Bradley Metrock: [00:12:38] Sure. Yeah. We need that, the Alexa skills marketplace needs that, and I'm sure the other ones do too. I think the world's ready for that.
Bradley Metrock: [00:12:45] Let me ask you something else that I thought was interesting from what you have put forth: share, with me and the people listening to this podcast, your vision for discovery in a skills marketplace. You know, you wrote in this Google doc that you shared with me that you know you view the app store model as a good MVP, but a "no store" model is the way to go. Explain that.
Dr. Ahmed Bouzid: [00:13:19] Well, again, this is an opinion.
Bradley Metrock: [00:13:24] Sure. It's a very informed opinion.
Dr. Ahmed Bouzid: [00:13:28] I have been wrong many, many times, so this is simply an opinion of mine. But I believe that I think its very natural in the visual ecosystem, where you have something you are looking at, and you have a store you're looking at, and you have logos, and you can read at your leisure, and you can say "I like this app," I don't like...I don't want this, I'm going to try this app. And, if you don't like it, later on you delete it. I think it's a very natural interface to be able to go and discover them through searching and so forth. I think voice is all about being as natural as possible. Meaning being able to ask for things with minimal effort, and without having to remember what you need to say, or what you need to click on. And so that's what makes the UI, the voice UI, both challenging and thrilling. It's challenging because you have a lot of constraints. How are you going to service this skill to people, and how are they going to know what to say, and what not to say, and how are you going to recover without causing a lot of grief. You know we've had those experiences with the IVR over the phone and doesn't understand you and so on. So it's very challenging. It's a very challenging interface, but it's thrilling in that it allows you to speak naturally, and when done well, when the value and the design of the experience align nicely, you can have a wonderful experience that you can't top.
Dr. Ahmed Bouzid: [00:15:07] So I think discovery, as such, needs to happen naturally, meaning I think a default when you engage with an assistant like Alexa or with Google Assistant, or with Cortana, I think the default should be should just ask it. Just say, you know, "Alexa, what's the Facebook stock? How's the Facebook stock doing? And she's going to figure it out, and go and either give you that information out of the box if it has a skill somewhere, it needs to say this particular skill here is doing pretty well. So let me use that skill to deliver the information. As opposed to you need to go and enable the scale and so forth. To the credit of Google, they are trying to do that. They are trying to work towards you just speak and we'll take care of things behind the scenes. There are pluses and minuses on both sides, right? So the plus of the Alexa store is the fact that you can piggyback on something that everybody understands, which is the app. So you go to the store, you look for stuff, and all that, which is why I said it's good for an MVP.
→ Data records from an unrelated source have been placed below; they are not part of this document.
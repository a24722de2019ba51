// The rows of points, guards and starts, as they enter proof lines.
ghost use Rattle.std.specs.Prelude.{◌≡◌, ◌+◌, ◌^◌, ◌<◌, ◌≤◌, ◌++◌, length};
ghost use Rattle.dossier.specs.Admission as admission;
ghost use Rattle.dossier.specs.Dossier as parts;
ghost use Rattle.certificate.specs.Arrays.{held};
ghost use Rattle.certificate.specs.Stored.{stored};

use crate::table::Table;
use crate::view::View;
use sources::source::Source;

impl<'a, S: Source> View<'a, S> {
    // Pushes rows that stand one after the other in the cells, from an index on.
    fn push_stored(&self, at: usize, count: usize, table: &mut Table)
        requires inside { at < 2 ^ 31 }
        requires room { length (held table.old) + count ≤ 20 }
        ensures { held table.new ≡ held table.old ++ stored (S.cells self.now.source.now) at count }
    {
        let width = self.row_width();
        for i in 0..count {
            table.push(self.row_at(at + i * width));
        }
    }

    // Pushes the region rows and rank rows of a point.
    pub(crate) fn push_point(&self, point: usize, table: &mut Table)
        requires inside { point < parts.points (parts.head (S.cells self.now.source.now)) }
        requires room { length (held table.old) ≤ 14 }
        ensures { held table.new ≡ held table.old ++ admission.point_hypotheses (S.cells self.now.source.now) point }
    {
        self.push_stored(self.point_at(point), self.rows_of_point(), table);
    }

    // Pushes the guard rows of a step.
    pub(crate) fn push_guards(&self, step: usize, table: &mut Table)
        requires inside { step ≤ 16 }
        requires room { length (held table.old) ≤ 16 }
        ensures { held table.new ≡ held table.old ++ admission.guard_rows (S.cells self.now.source.now) step }
    {
        let updates = self.head.variables as usize * self.row_width();
        let at = self.step_at(step) + 2 + updates;
        self.push_stored(at, self.head.guards as usize, table);
    }

    fn point(&self, place: usize, state: usize) -> usize
        requires place { place < 2 ^ 31 }
        requires state { state < 2 ^ 31 }
        ensures { result ≡ parts.point_of (S.cells self.now.source.now) place state }
    {
        place * self.head.states as usize + state
    }

    // The point that a move leads from. One function of this and the next would take the two readings as parameters.
    pub(crate) fn first_point(&self, step: usize, edge: usize) -> usize
        requires step { step < self.now.head.steps }
        requires edge { edge < self.now.head.edges }
        ensures value { result ≡ admission.first_point (S.cells self.now.source.now) step edge }
        ensures inside { result < parts.points (parts.head (S.cells self.now.source.now)) }
    {
        self.point(self.step_from(step), self.edge_from(edge))
    }

    // The point that a move leads to.
    pub(crate) fn last_point(&self, step: usize, edge: usize) -> usize
        requires step { step < self.now.head.steps }
        requires edge { edge < self.now.head.edges }
        ensures value { result ≡ admission.last_point (S.cells self.now.source.now) step edge }
        ensures inside { result < parts.points (parts.head (S.cells self.now.source.now)) }
    {
        self.point(self.step_to(step), self.edge_to(edge))
    }

    // Fills a table with the start rows.
    pub(crate) fn start_hypotheses(&self, table: &mut Table)
        ensures { held table.new ≡ admission.start_hypotheses (S.cells self.now.source.now) }
    {
        table.clear();
        self.push_stored(self.start_row_at(0), self.head.start_rows as usize, table);
    }

    // Pushes the region rows and rank rows of the start point.
    pub(crate) fn push_start_point(&self, table: &mut Table)
        requires { length (held table.old) ≤ 14 }
        ensures { held table.new ≡ held table.old ++ admission.start_conclusions (S.cells self.now.source.now) }
    {
        let place = self.head.start_place as usize;
        let state = self.head.start_state as usize;
        self.push_point(self.point(place, state), table);
    }
}
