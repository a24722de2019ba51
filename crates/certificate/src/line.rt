// The test of a proof line.
ghost use Rattle.std.specs.Prelude.{◌≡◌, ℕ, ◌*◌, ◌<◌, ◌≤◌, pos, ◌+ℤ◌, ◌*ℤ◌, ◌≤ℤ◌};
ghost use Rattle.dossier.specs.Lines.{sums, line_holds};
ghost use Rattle.certificate.specs.Arrays.{row_of, rows_of, Within, RowWithin, Multiplied, wide};

use crate::rows::Row;

// A multiplier, a divisor or a coefficient times a number of a row.
pub(crate) fn product(factor: i64, number: i64) -> i64
    requires factor { Within 1048576 factor }
    requires number { Within wide number }
    ensures value { result ≡ factor *ℤ number }
    ensures bounded { Within 36028797018963968 result }
{
    factor * number
}

// Adds a hypothesis times its multiplier, in the columns below a width. The row goes by the index: after a `zip` of `iter_mut` nothing is
// known of what the sums are.
fn add_scaled(sums: &mut Row, width: usize, multiplier: i64, row: &Row)
    requires width { width ≤ 7 }
    requires factor { Within 1048576 multiplier }
    requires numbers { RowWithin wide (row_of row.now) }
    requires room { (j : ℕ) → j < width → Within 612489549322387456 (row_of sums.old j) }
    ensures { (j : ℕ) → j < width → row_of sums.new j ≡ row_of sums.old j +ℤ (multiplier *ℤ row_of row.now j) }
{
    for (j, sum) in sums[..width].iter_mut().enumerate() {
        *sum += product(multiplier, row[j]);
    }
}

// The sums of multipliers times hypotheses, in the columns below a width: a row's constant and the coefficients of its variables.
fn column_sums(width: usize, multipliers: &[i64], hypotheses: &[Row]) -> Row
    requires width { width ≤ 7 }
    requires sum { Multiplied multipliers.now hypotheses.now }
    ensures { (j : ℕ) → j < width → row_of result j ≡ sums multipliers.now (rows_of hypotheses.now) j }
{
    let mut sums = [0; 7];
    for (multiplier, row) in multipliers.iter().zip(hypotheses) {
        add_scaled(&mut sums, width, *multiplier, row);
    }
    sums
}

// Whether a line holds: each coefficient agrees, and the constant suffices.
pub(crate) fn line_holds(
    variables: usize,
    divisor: i64,
    multipliers: &[i64],
    hypotheses: &[Row],
    conclusion: &Row,
) -> bool
    requires variables { variables ≤ 6 }
    requires divisor { (pos 0 ≤ℤ divisor) × (divisor ≤ℤ pos 1048575) }
    requires sum { Multiplied multipliers.now hypotheses.now }
    requires shown { RowWithin wide (row_of conclusion.now) }
    ensures { result ≡ line_holds variables divisor multipliers.now (rows_of hypotheses.now) (row_of conclusion.now) }
{
    let sums = column_sums(variables + 1, multipliers, hypotheses);
    for (sum, number) in sums[1..=variables].iter().zip(&conclusion[1..=variables]) {
        if product(divisor, *number) != *sum {
            return false;
        }
    }
    sums[0] <= product(divisor, conclusion[0])
}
Dr. Ahmed Bouzid: [00:16:24] I think we'll see this as, especially that Alexa has now tens of thousands of skills out there, I believe and I hope, and I think this is where it's going, by necessity that we will go towards a model where you just ask for stuff and then you get something back that's useful, and you, the user, you really don't care where it came from, whether it came from Amazon, or a third party. You don't care, as long as the experience is great, and as long as you get what you what you want. So I think discovery is going to, you're not going to discover anything, really. I think discovery is going to be moot as a concept. I think what will happen is you will speak, and you'll get things done, and then you expect it to behave like that. And just like Steve Jobs said, "it just works."
Bradley Metrock: [00:17:17] Well, yeah, I think everyone hopes that things work out like that. I think the cynic in me would say, "alright, if I'm asking Alexa or Google Assistant, you know I've got a couple hours to kill." I say "Google Assistant, or 'OK Google,' or you know 'Alexa,' I want to play a game for an hour while I'm just sitting here. What should I play?" Now, at that point where I've asked the assistant to give me that sort of information that previously would have been searchable, one of two things is going to happen. Number one is what you suggest, which is it gives me the actual best answer.
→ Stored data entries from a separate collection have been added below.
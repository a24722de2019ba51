// What the lines of a move conclude.
ghost use Rattle.std.specs.Prelude.{◌≡◌, ◌+◌, ◌<◌, ◌≤◌, ◌++◌, length};
ghost use Rattle.dossier.specs.Admission as admission;
ghost use Rattle.certificate.specs.Arrays.{rows_of, held};
ghost use Rattle.certificate.specs.Falls.{Begins};

use crate::falls::{Ranks, push_falls, push_zeros};
use crate::kind::RankKind;
use crate::ranked::Ranked;
use crate::rows::Row;
use crate::table::Table;
use sources::source::Source;

impl<'a, S: Source, K: RankKind> Ranked<'a, S, K> {
    // Pushes the region rows and rank rows of a move's last point, taken at its step, and then its fall rows. The rows of its first
    // point stand at the front of `old`. Mode, step and edge are passed one by one: most of what is called takes one of them.
    pub(crate) fn push_conclusions(
        &self,
        mode: usize,
        step: usize,
        edge: usize,
        old: &[Row],
        table: &mut Table,
    )
        requires step { step < self.now.view.head.steps }
        requires edge { edge < self.now.view.head.edges }
        requires room { length (held table.old) ≤ 12 }
        requires begins { Begins (rows_of old.now) (admission.point_hypotheses (S.cells self.now.view.source.now) (admission.first_point (S.cells self.now.view.source.now) step edge)) }
        ensures { held table.new ≡ held table.old ++ admission.move_conclusions (S.cells self.now.view.source.now) K.kind mode step edge }
    {
        let regions = self.view.head.region_rows as usize;
        let new_at = table.len() + regions;
        let last = self.view.last_point(step, edge);
        self.view.push_taken(step, last, table);
        if self.view.marked_state(self.view.edge_from(edge)) {
            push_zeros(self.view.head.rank_numbers as usize, table);
        } else {
            let old = Ranks {
                rows: old,
                at: regions,
            };
            push_falls(self.kind, mode, &old, table, new_at);
        }
    }
}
Bradley Metrock: [00:18:13] The other thing that could happen is that it ignores entirely whatever the actual best answer is and then gives me some advertised product placement. So if I if really the best game...you know my assistant knows me, it knows my context. You know it knows my searches I've made, it knows I've listened to baseball news before, and it knows I'm a sports guy. And it knows there's this new baseball game for Alexa that's on Amazon's platform that could be a perfect fit, but it doesn't tell me that that's what I should play for the next hour because instead this other company has a much worse, a very mediocre game, that they've paid to have that placement and be advertised instead.
Bradley Metrock: [00:19:05] So you know, I hear your hope for the vision that you've laid out. I just I hope that advertising doesn't get in the way.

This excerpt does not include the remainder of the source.